Well, it is Halloween and everyone is posting about their present and past Halloweens. I have very mixed emotions about Halloween. Let me take you back to my childhood... (haha this won't get all sad or sappy I promise)
I was never allowed to celebrate Halloween growing up. As apart of my parents religion secular holidays were not allowed (like on Easter I have never painted an egg or gone on a Easter egg hunt and, still to this day, I never have). With that being said, I never got to dress up or, trick or treat until one year I decided I was going to be a normal teenager and go trick or treating (I later learned that 16 is a tad too old to trick or treat but whatever).
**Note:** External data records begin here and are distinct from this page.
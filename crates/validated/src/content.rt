//! The numbers of a form, and what the form comes to.
ghost use Rattle.std.specs.Prelude.{◌≡◌, map, option_map, IfSome, IfNone};
ghost use Rattle.json_fields.specs.Each.{Each};
ghost use Rattle.validated.specs.Answers.{Finds, Reads};
ghost use Rattle.validated.specs.Content.{AreAttestations, Attests, ContentIs, IsEnd, IsNumber, attested_view};
ghost use Rattle.validated.specs.Form.{aspa_view, draft_view, numeral_view};

use crate::draft::{Draft, DraftAspa, Numeral};
use crate::fault::ValidatedFault;
use crate::records::read_records;
use crate::validated_file::Validated;
use attestations::{GatheredTerms, Terms};
use path_model::AsList;
use std::alloc::Global;

// What one attestation attests.
#[derive(Drop)]
pub(crate) struct Attested {
    pub(crate) customer: u32,
    pub(crate) providers: AsList,
    pub(crate) until: Option<u32>,
}

// Reads all numbers of a form, and then its prefixes.
pub(crate) fn read_content(alloc: Global, draft: Draft) -> Result<Validated, ValidatedFault>
    ensures { ContentIs (draft_view draft) result }
{
    let Draft { aspas, roas } = draft;
    let attestations = read_attestations(alloc, &aspas)?;
    let payloads = read_records(alloc, roas)?;
    Ok(Validated {
        attestations,
        payloads,
    })
}

// What the attestations attest, of each customer the set of them.
fn read_attestations(alloc: Global, aspas: &[DraftAspa]) -> Result<Terms, ValidatedFault>
    ensures { Finds ValidatedFault.Number result (AreAttestations (map aspa_view aspas.now)) }
{
    let mut gathered = GatheredTerms::new(alloc);
    for aspa in aspas {
        let attested = read_attested(alloc, aspa)?;
        let providers = attested.providers.as_slice();
        gathered.gather(attested.customer, providers, attested.until)?;
    }
    Ok(gathered.into_terms()?)
}

// What one attestation attests.
fn read_attested(alloc: Global, aspa: &DraftAspa) -> Result<Attested, ValidatedFault>
    ensures { Reads ValidatedFault.Number attested_view result (Attests (aspa_view aspa.now)) }
{
    let customer = aspa.customer.number.ok_or(ValidatedFault::Number)?;
    let asns = read_asns(alloc, &aspa.providers)?;
    let until = read_end(aspa.expires).ok_or(ValidatedFault::Number)?;
    let providers = asns.into_set();
    Ok(Attested {
        customer,
        providers,
        until,
    })
}

// AS numbers, in order.
fn read_asns(alloc: Global, numerals: &[Numeral]) -> Result<AsList, ValidatedFault>
    ensures { Finds ValidatedFault.Number result (Each IsNumber (map numeral_view numerals.now)) }
{
    let mut asns = AsList::new(alloc);
    for numeral in numerals {
        let Some(asn) = numeral.number else {
            return Err(ValidatedFault::Number);
        };
        asns.push(asn)?;
    }
    Ok(asns)
}

// The end that is written, or none where none is.
pub(crate) fn read_end(expires: Option<Numeral>) -> Option<Option<u32>>
    ensures some { IfSome result (IsEnd (option_map numeral_view expires)) }
    ensures none { IfNone result
        ((until : _) → IsEnd (option_map numeral_view expires) until → ⊥) }
{
    let Some(numeral) = expires else {
        return Some(None);
    };
    let moment = numeral.number?;
    Some(Some(moment))
}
I begged my mom to let me "Just pass out candy" with my friend. She let me go and from my friends house we left and went trick or treating! It was so fabulous and I couldn't believe I had been missing out for the past 16 years! (Fun fact of firsts, this year was the first time I carved a pumpkin)
As this year's Halloween has come, T and I are doing nothing. No parties this past weekend, no handing out candy, just hanging out with each other. This year is an ode to my past and oddly enough, I am enjoying it. Is it possible to grow out of a "holiday" when you were so deprived from it as a child? If so, I think that is what is happening. I used to sit at my window as a kid and watch all the costumed children, go door to door, having a blast doing it. But now, I think I have lost my feverish need to participate in Halloween.